July 21, 2025

Division 296 Super Tax simplified: What you need to know

Navigating superannuation changes can be a challenge, especially when they introduce new taxes. The proposed Division 296 super tax is one change that could impact individuals with significant superannuation balances in Australia. In this blog, we break it down into simple terms, focusing on what it means for you and what you can do to prepare.

What is the Division 296 Super Tax? 

The Division 296 super tax is a Federal Government proposal to impose an extra 15% tax on certain superannuation earnings. This tax would apply to individuals whose total superannuation balance (TSB) exceeds $3 million at the end of an income year. 

Although the measure is not yet law, the government aims to implement it starting from 1 July 2025, with the first potential tax bills issued after 30 June 2026. Whether the legislation will pass without changes or at all remains to be seen. 

How the tax works 

If this proposal becomes law, here is how it might apply to you:

  • Eligibility: Your TSB includes the sum of all superannuation accounts, such as APRA funds, SMSFs, and defined benefit schemes. 
  • Threshold: If your TSB exceeds $3 million at 30 June of any given year, a portion of your earnings above this limit could attract an additional 15% tax. 
  • Earnings definition: This considers the annual net growth in your super balance, adjusted for contributions and withdrawals. Certain excluded amounts, such as personal injury settlements, do not count. 
  • Payment options: The tax would be assessed personally and could be paid from your super fund or other personal funds. 

Example scenarios 

To make this clearer, here are two examples of how the tax could work in practice:

Sam’s Case 
  • Super balance at 30 June: $4 million 
  • Annual growth: $120,000 
  • Taxable portion: 25% of that growth (calculated as the proportion of balances over $3 million) 
  • Tax payable: $4,500 ($30,000 taxable earnings x 15%) 
Lisa’s Case 
  • Lisa’s balance rises from $2 million to $4.5 million after inheriting a death benefit pension. 
  • The taxable earnings will only include new investment growth, as transferred amounts are excluded. However, her TSB exceeding $3 million means she could still owe tax at the higher rate. 

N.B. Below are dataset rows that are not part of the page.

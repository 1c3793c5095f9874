ghost use Rattle.std.specs.Prelude.{◌≡◌, IfOk, length};
ghost use Rattle.net_values.specs.FlatNets.{net_of};
ghost use Rattle.net_values.specs.PlaceSets.{has};
ghost use Rattle.closed_sets.specs.ClosedSets.{IsNonempty, IsSiphon};
ghost use Rattle.closed_sets.specs.Commoner.{HasMarkedTrap};
ghost use Rattle.certificates.specs.declared.certificate.Certificate.{Certificate};
ghost use Rattle.certificates.specs.Conditions.{IsAccepted};
ghost use Rattle.certificates.specs.WellFormed.{IsWellFormed};
ghost use Rattle.cert_make.specs.PlaceLists.{places_below};

use certificates::{Certificate, PlaceList};
use net_values::{FlatNet, NoMemory, PlaceSet};
use std::alloc::Global;

/// The certificate that a nonempty siphon without a marked trap is: its places in ascending order.
pub fn bad_siphon_certificate(
    alloc: Global,
    net: &FlatNet,
    siphon: &PlaceSet,
) -> Result<Certificate, NoMemory>
    requires size { length siphon.now ≡ (net_of net.now).places }
    requires siphon { IsSiphon (net_of net.now) (has siphon.now) }
    requires some { IsNonempty (net_of net.now) (has siphon.now) }
    requires bad { HasMarkedTrap (net_of net.now) (has siphon.now) → ⊥ }
    ensures exact { IfOk result (λ certificate. certificate ≡ Certificate.BadSiphon (places_below (net_of net.now).places (has siphon.now))) }
    ensures well_formed { IfOk result IsWellFormed }
    ensures accepted { IfOk result (IsAccepted (net_of net.now)) }
{
    let mut places = PlaceList::new(alloc);
    for p in 0..net.places() {
        if siphon.contains(p) {
            places.push(p as u32)?;
        }
    }
    Ok(Certificate::BadSiphon(places))
}
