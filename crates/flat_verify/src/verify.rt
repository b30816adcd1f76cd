//! Telling code that keeps the discipline from code that does not.
ghost use Rattle.std.specs.Prelude.{◌≡◌, ◌≤◌, IfOk};
ghost use Rattle.flat_code.specs.CodeViews.{code_of};
ghost use Rattle.flat_verify.specs.Answer.{Answers, IsNoRefusal};
ghost use Rattle.flat_discipline.specs.Discipline.{IsDisciplined};
ghost use Rattle.flat_discipline.specs.Safe.{IsSafeAlways};
ghost use Rattle.flat_verify.specs.Views.{blocks_of, AreSmall};

use crate::error::VerifyError;
use crate::global_blocks::GlobalBlocks;
use crate::items::bodies_of;
use crate::unchecked::first_break;
use crate::verified::Verified;
use flat_code::code::Flat;
use flat_discipline::laws::disciplined_is_safe;
use std::alloc::Global;

/// The code as verified, if it keeps the discipline where its global objects lie so and slots have 2^`g` bytes; else the first
/// place that breaks it. Verified code is safe in every run.
///
/// The time is that of as many passes over all places and values as it takes until no pass finds more.
pub fn verify<'a>(
    alloc: Global,
    code: &'a Flat,
    layout: &'a GlobalBlocks,
    g: u8,
) -> Result<Verified<'a>, VerifyError>
    requires least { 2 ≤ g }
    requires most { g ≤ 24 }
    requires small { AreSmall layout.now.globals }
    // It is verified exactly where nothing breaks the discipline, and refused at exactly the first place that does.
    ensures answers { Answers g (blocks_of layout.now) (code_of code.now) result }
    // So code that keeps the discipline is never refused.
    ensures accepts { IsDisciplined g (blocks_of layout.now) (code_of code.now) → IsNoRefusal result }
    ensures code { IfOk result (λ v. v.code.now ≡ code.now) }
    ensures layout { IfOk result (λ v. v.layout.now ≡ layout.now) }
    ensures exponent { IfOk result (λ v. v.exponent ≡ g) }
    ensures safe { IfOk result (λ _. IsSafeAlways g (blocks_of layout.now) (code_of code.now)) }
{
    disciplined_is_safe();
    let globals = layout.globals.as_slice();
    let bodies = bodies_of(alloc, g, code.functions.as_slice())?;
    let first = first_break(alloc, g, globals, code, &bodies)?;
    match first {
        Some(first) => Err(VerifyError::Unchecked {
            function: first.function,
            place: first.place,
        }),
        None => Ok(Verified {
            code,
            layout,
            exponent: g,
            bodies,
        }),
    }
}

What you can do to prepare 

If you are likely to be affected, it’s a good idea to review your situation now. Here are some steps to consider:

1. Assess your super balances 

Make time to calculate your total combined super balances across all funds, including defined benefit schemes if applicable. 

2. Plan for liquidity 

Since this tax may be payable directly from your fund, ensuring there is enough liquidity within your super to cover potential tax payments is essential. 

3. Valuation updates 

Keep your asset valuations up-to-date, especially for self-managed super funds (SMSFs). Accurate valuations are crucial for calculating your TSB and tax liability. 

4. Get professional advice 

Before making significant changes, it’s important to seek tailored financial advice. We recommend speaking with a financial planner at Lead Advisory Group, who can help you evaluate your options and minimise your tax exposure effectively.  

Other points to note 

It's important to remember that these measures are still under discussion and could change as the legislation progresses through Parliament. Despite this uncertainty, early preparation will help you stay ahead and reduce potential stress. 

We’re here to help 

While the Division 296 super tax may seem daunting, understanding its implications is the first step in making informed decisions for your financial future. If you have questions or need personalised advice, don't hesitate to contact one of our financial advisors at Lead Advisory Group.  

By staying proactive and informed, you can confidently plan for changes and ensure your superannuation continues to support you in retirement.